What you need to do: The answer should be each line from the entries below that has the word "entry" in it.

Data records:
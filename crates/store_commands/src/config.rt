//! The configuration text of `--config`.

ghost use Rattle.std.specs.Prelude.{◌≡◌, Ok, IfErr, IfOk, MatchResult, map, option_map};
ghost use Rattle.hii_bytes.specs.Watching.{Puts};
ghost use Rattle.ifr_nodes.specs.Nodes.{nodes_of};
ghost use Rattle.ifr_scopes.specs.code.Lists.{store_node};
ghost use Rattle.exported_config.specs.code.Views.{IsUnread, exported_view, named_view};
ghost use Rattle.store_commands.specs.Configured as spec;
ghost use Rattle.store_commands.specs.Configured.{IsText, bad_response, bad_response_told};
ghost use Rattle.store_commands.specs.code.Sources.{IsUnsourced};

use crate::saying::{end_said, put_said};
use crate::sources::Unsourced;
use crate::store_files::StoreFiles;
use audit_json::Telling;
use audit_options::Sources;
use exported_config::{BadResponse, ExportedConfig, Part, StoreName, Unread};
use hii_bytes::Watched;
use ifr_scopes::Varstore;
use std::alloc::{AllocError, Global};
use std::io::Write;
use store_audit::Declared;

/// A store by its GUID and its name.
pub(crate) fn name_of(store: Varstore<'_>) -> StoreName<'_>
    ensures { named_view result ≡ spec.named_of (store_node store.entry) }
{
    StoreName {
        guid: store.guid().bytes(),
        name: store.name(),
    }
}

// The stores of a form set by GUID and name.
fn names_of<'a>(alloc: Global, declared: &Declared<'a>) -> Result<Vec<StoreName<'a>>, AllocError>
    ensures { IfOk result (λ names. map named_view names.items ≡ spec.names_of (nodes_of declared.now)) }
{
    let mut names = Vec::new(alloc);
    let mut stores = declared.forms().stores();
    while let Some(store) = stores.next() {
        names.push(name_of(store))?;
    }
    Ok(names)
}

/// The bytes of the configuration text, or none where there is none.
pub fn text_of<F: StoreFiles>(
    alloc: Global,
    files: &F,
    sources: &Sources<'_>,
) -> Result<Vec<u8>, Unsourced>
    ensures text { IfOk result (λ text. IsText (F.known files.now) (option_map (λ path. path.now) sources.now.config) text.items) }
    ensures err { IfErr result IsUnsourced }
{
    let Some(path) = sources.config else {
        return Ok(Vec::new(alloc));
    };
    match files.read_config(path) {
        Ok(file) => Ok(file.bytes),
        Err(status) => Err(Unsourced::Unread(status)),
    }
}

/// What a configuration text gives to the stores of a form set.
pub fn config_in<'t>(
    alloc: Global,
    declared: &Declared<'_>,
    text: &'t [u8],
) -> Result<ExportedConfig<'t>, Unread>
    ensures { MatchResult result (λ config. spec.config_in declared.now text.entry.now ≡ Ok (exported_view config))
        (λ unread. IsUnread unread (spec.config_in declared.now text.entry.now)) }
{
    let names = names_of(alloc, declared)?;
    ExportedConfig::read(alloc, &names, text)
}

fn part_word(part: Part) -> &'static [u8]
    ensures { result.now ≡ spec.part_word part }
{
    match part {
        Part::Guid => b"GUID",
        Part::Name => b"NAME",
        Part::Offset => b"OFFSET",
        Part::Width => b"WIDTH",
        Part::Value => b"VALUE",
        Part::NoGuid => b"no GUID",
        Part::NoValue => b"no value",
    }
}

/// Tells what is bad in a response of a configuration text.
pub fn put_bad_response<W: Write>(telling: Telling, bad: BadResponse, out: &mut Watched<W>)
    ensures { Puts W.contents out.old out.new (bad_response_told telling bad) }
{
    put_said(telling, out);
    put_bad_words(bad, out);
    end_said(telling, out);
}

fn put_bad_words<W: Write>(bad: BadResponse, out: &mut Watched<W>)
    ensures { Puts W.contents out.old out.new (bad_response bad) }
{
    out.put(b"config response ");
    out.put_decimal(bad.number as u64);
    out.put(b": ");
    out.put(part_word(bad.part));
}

* * *

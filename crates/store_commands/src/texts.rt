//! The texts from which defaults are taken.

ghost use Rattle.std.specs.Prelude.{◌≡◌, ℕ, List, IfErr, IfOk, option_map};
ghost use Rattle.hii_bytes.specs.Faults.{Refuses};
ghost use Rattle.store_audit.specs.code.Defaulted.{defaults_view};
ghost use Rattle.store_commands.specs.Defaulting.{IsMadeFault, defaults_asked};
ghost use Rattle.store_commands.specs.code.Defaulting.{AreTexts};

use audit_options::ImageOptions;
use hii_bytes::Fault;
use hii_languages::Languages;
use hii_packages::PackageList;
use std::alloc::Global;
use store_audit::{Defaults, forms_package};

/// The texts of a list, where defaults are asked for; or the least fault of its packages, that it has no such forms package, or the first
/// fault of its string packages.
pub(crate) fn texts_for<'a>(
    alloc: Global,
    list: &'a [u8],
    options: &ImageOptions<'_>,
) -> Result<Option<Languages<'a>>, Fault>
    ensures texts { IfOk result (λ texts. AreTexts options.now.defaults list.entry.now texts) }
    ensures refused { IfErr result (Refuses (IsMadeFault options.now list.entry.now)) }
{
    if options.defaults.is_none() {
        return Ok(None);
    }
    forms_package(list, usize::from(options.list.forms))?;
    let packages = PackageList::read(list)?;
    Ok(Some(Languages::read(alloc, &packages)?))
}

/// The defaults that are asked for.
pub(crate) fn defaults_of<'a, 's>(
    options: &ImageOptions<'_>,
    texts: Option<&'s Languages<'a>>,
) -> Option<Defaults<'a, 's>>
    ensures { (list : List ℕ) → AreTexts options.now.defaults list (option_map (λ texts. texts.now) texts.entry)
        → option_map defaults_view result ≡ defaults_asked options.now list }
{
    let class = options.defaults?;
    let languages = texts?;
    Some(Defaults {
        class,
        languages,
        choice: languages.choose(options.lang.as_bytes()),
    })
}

Solution to this exercise:
    ensures { named_view result ≡ spec.named_of (store_node store.entry) }
    ensures { MatchResult result (λ config. spec.config_in declared.now text.entry.now ≡ Ok (exported_view config))
        (λ unread. IsUnread unread (spec.config_in declared.now text.entry.now)) }
    ensures texts { IfOk result (λ texts. AreTexts options.now.defaults list.entry.now texts) }
    ensures refused { IfErr result (Refuses (IsMadeFault options.now list.entry.now)) }
    ensures { (list : List ℕ) → AreTexts options.now.defaults list (option_map (λ texts. texts.now) texts.entry)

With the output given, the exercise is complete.